◆ EXERCISE REQUIREMENTS: Search the entries for the word "Option". Copy every line that holds it.

◆ SUPPLIED MATERIAL:
((

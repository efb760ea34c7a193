//! A table and its seats.

ghost use Rattle.std.specs.Prelude.{◌≡◌};
ghost use Rattle.turn_lock.specs.Views.{IsReady, IsReady-prop};

use crate::steps::{
    AddEntry, CompareFronts, FreeSpentTurn, FreeTurn, JoinViews, LearnNumber, NoteLength, Said,
    SplitView, TakeTurn, TurnRule,
};
use crate::turned::Turned;
use crate::view::{Counted, SeatView};
use atomic_table::{Refused, Seat, Table};
use std::alloc::{AllocFailed, Global};
use std::marker::Brand;

/// The word that is 1 while a seat has the turn.
const TURN: usize = 0;

/// The word that counts the calls.
const COUNT: usize = 1;

/// A value that threads take turns at.
#[derive(Drop)]
pub struct TurnTable<T: Turned> {
    table: Table<Option<Counted<T>>, SeatView<T::Call, T::Reply>, (), TurnRule<T>, Global>,
    ghost sized: { (table.shared.table_id.words ≡ 2) × (table.shared.table_id.slots ≡ 1) },
}

/// A thread's right to call. Contracts see what it has seen of the history, its front, for which some value stands.
#[derive(Drop)]
pub struct TurnSeat<T: Turned> {
    seat: Seat<Option<Counted<T>>, SeatView<T::Call, T::Reply>>,
    ghost ready: { IsReady seat.me } by { IsReady-prop seat.me },
    ghost stood: { ∥ ((value : T) × T.stands value seat.me.0.front) ∥₁ },
}

/// What becomes of a call.
#[derive(Drop)]
pub enum Attempt<T: Turned> {
    Done(T::Reply),
    /// Another seat had the turn.
    Busy(T::Call),
    /// 2^64 - 1 calls were counted before.
    Spent(T::Call),
}

impl<T: Turned> TurnTable<T> {
    ghost use Rattle.std.specs.Prelude.{◌+◌, ◌-◌, ◌^◌, ◌<◌, ◌≤◌, ℕ, List, [], ◌∷◌, ◌++◌, length, max, All, IfOk, IfErr, Some};
    ghost use Rattle.turn_lock.specs.declared.entry.Entry.{Entry};
    ghost use Rattle.turn_lock.specs.declared.view.SeatNumber.TheVariants.{Known};
    ghost use Rattle.turn_lock.specs.declared.view.Stage.TheVariants.{HasTurn};
    ghost use Rattle.turn_lock.specs.History.{entry, IsEarlier, IsLonger};
    ghost use Rattle.turn_lock.specs.Views.{with_entry};
    ghost use Rattle.turn_lock.specs.Seats.{IsSeatOf, IsSameSeat, Answers, front_of, noted_of, number_of, busy_of, splits_of};

    /// A table of a value, and its first seat. Out of memory gives the value back.
    pub fn new(alloc: Global, value: T) -> Result<(TurnTable<T>, TurnSeat<T>), T>
        requires { T.stands value [] }
        ensures seat { IfOk result (λ r. IsSeatOf r.0 r.1 × (front_of r.1 ≡ []) × (noted_of r.1 ≡ 0)) }
        ensures first { IfOk result (λ r. (number_of r.1 ≡ 0) × (busy_of r.1 ≡ 0) × (splits_of r.1 ≡ 0)) }
        ensures err { IfErr result (λ v. v ≡ value) }
    {
        let mut slots = Vec::new(alloc);
        if let Err(AllocFailed { value: slot }) = slots.push(Some(Counted { value, calls: 0 })) {
            return Err(slot.unwrap().value);
        }
        match Table::new(alloc, &[0, 0], slots, &()) {
            Ok((table, seat)) => Ok((TurnTable { table }, TurnSeat { seat })),
            Err(Refused { mut slots }) => Err(slots.pop().unwrap().unwrap().value),
        }
    }

    /// Makes a call, unless another seat has the turn or no call more can be counted: then it gives the call back. It
    /// waits for nobody, and takes no memory but what the call takes.
    pub fn attempt(&self, seat: &mut TurnSeat<T>, call: T::Call) -> Attempt<T>
        requires { IsSeatOf self.now seat.old }
        ensures seat { IsSeatOf self.now seat.new × IsSameSeat seat.old seat.new }
        ensures answer { Answers call seat.old seat.new result }
    {
        let shared = &self.table.shared;
        let found = shared.compare_exchange::<TakeTurn<T>>(&mut seat.seat, TURN, 0, 1);
        if found != 0 {
            return Attempt::Busy(call);
        }
        let slot = shared.exchange(&mut seat.seat, 0, None);
        let mut counted = slot.unwrap();
        if counted.calls == u64::MAX {
            shared.exchange(&mut seat.seat, 0, Some(counted));
            shared.store::<FreeSpentTurn<T>>(&mut seat.seat, TURN, 0);
            return Attempt::Spent(call);
        }
        let reply = self.act::<Brand>(&mut seat.seat, &mut counted, call);
        shared.exchange(&mut seat.seat, 0, Some(counted));
        shared.store::<FreeTurn<T>>(&mut seat.seat, TURN, 0);
        Attempt::Done(reply)
    }

    // Makes the call on the value that was taken out of its slot, and counts it.
    fn act<C: Said<T::Call>>(
        &self,
        seat: &mut Seat<Option<Counted<T>>, SeatView<T::Call, T::Reply>>,
        counted: &mut Counted<T>,
        call: T::Call,
    ) -> T::Reply
        requires said { C.said ≡ Some call }
        requires table { seat.old.table_id ≡ self.now.table.shared.table_id }
        requires turn { (history : List (Entry T.Call T.Reply)) × (n : ℕ) × (seat.old.me.0.stage ≡ HasTurn history)
            × (seat.old.me.0.number ≡ Known n) × T.stands counted.old.value history
            × (counted.old.calls ≡ length history) × (length history < 2 ^ 64 - 1) }
        ensures table { (seat.new.table_id ≡ seat.old.table_id) × (seat.new.id ≡ seat.old.id)
            × (seat.new.me.1 ≡ seat.old.me.1) }
        ensures value { (history : List (Entry T.Call T.Reply)) (n : ℕ) → seat.old.me.0.stage ≡ HasTurn history
            → seat.old.me.0.number ≡ Known n → T.stands counted.new.value (history ++ entry n call result ∷ []) }
        ensures view { (history : List (Entry T.Call T.Reply)) (n : ℕ) → seat.old.me.0.stage ≡ HasTurn history
            → seat.old.me.0.number ≡ Known n
            → seat.new.me.0 ≡ with_entry (history ++ entry n call result ∷ []) seat.old.me.0 }
        ensures calls { counted.new.calls ≡ counted.old.calls + 1 }
    {
        let reply = counted.value.act(call);
        self.count::<C, Brand>(seat, &reply);
        counted.calls += 1;
        reply
    }

    fn count<C: Said<T::Call>, R: Said<T::Reply>>(
        &self,
        seat: &mut Seat<Option<Counted<T>>, SeatView<T::Call, T::Reply>>,
        reply: &T::Reply,
    )
        requires said { (call : T.Call) × (C.said ≡ Some call) }
        requires reply { R.said ≡ Some reply.now }
        requires table { seat.old.table_id ≡ self.now.table.shared.table_id }
        requires turn { (history : List (Entry T.Call T.Reply)) × (n : ℕ) × (seat.old.me.0.stage ≡ HasTurn history)
            × (seat.old.me.0.number ≡ Known n) × (length history < 2 ^ 64 - 1) }
        ensures table { (seat.new.table_id ≡ seat.old.table_id) × (seat.new.id ≡ seat.old.id)
            × (seat.new.me.1 ≡ seat.old.me.1) }
        ensures view { (history : List (Entry T.Call T.Reply)) (n : ℕ) (call : T.Call) → C.said ≡ Some call
            → seat.old.me.0.stage ≡ HasTurn history → seat.old.me.0.number ≡ Known n
            → seat.new.me.0 ≡ with_entry (history ++ entry n call reply.now ∷ []) seat.old.me.0 }
    {
        self.table
            .shared
            .fetch_add::<AddEntry<T, C, R>>(seat, COUNT, 1);
    }

    /// A new seat for another thread, which has seen what this one has. It takes no memory.
    pub fn split(&self, seat: &mut TurnSeat<T>) -> TurnSeat<T>
        requires { IsSeatOf self.now seat.old }
        ensures seat { IsSeatOf self.now seat.new × (front_of seat.new ≡ front_of seat.old)
            × (noted_of seat.new ≡ noted_of seat.old) × (number_of seat.new ≡ number_of seat.old)
            × (busy_of seat.new ≡ busy_of seat.old) × (splits_of seat.new ≡ splits_of seat.old + 1) }
        ensures new { IsSeatOf self.now result × (front_of result ≡ front_of seat.old)
            × (noted_of result ≡ noted_of seat.old) × (number_of seat.old < number_of result)
            × All (IsEarlier (number_of result)) (front_of result) }
    {
        let shared = &self.table.shared;
        let mut new = shared.split_seat::<SplitView<T>>(&mut seat.seat);
        shared.load::<LearnNumber<T>>(&mut new, COUNT);
        TurnSeat { seat: new }
    }

    /// Takes in another seat: the longer front, which the other begins, and the greater noted number.
    pub fn join(&self, seat: &mut TurnSeat<T>, other: TurnSeat<T>)
        requires seat { IsSeatOf self.now seat.old }
        requires other { IsSeatOf self.now other }
        ensures seat { IsSeatOf self.now seat.new × IsSameSeat seat.old seat.new
            × (busy_of seat.new ≡ busy_of seat.old) }
        ensures front { IsLonger (number_of seat.old) (number_of other) (front_of seat.old) (front_of other)
            (front_of seat.new) }
        ensures noted { noted_of seat.new ≡ max (noted_of seat.old) (noted_of other) }
    {
        let shared = &self.table.shared;
        let TurnSeat { seat: other } = other;
        shared.join_seat::<JoinViews<T>>(&mut seat.seat, other);
        shared.load::<CompareFronts<T>>(&mut seat.seat, COUNT);
    }

    /// The length of the history, which the seat keeps in mind.
    pub fn note(&self, seat: &mut TurnSeat<T>) -> u64
        requires { IsSeatOf self.now seat.old }
        ensures seat { IsSeatOf self.now seat.new × IsSameSeat seat.old seat.new
            × (front_of seat.new ≡ front_of seat.old) × (busy_of seat.new ≡ busy_of seat.old) }
        ensures noted { (noted_of seat.new ≡ result) × (noted_of seat.old ≤ result)
            × (length (front_of seat.old) ≤ result) }
    {
        self.table
            .shared
            .load::<NoteLength<T>>(&mut seat.seat, COUNT)
    }
}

))

◆ SOLUTION:
    table: Table<Option<Counted<T>>, SeatView<T::Call, T::Reply>, (), TurnRule<T>, Global>,
    seat: Seat<Option<Counted<T>>, SeatView<T::Call, T::Reply>>,
        seat: &mut Seat<Option<Counted<T>>, SeatView<T::Call, T::Reply>>,
        seat: &mut Seat<Option<Counted<T>>, SeatView<T::Call, T::Reply>>,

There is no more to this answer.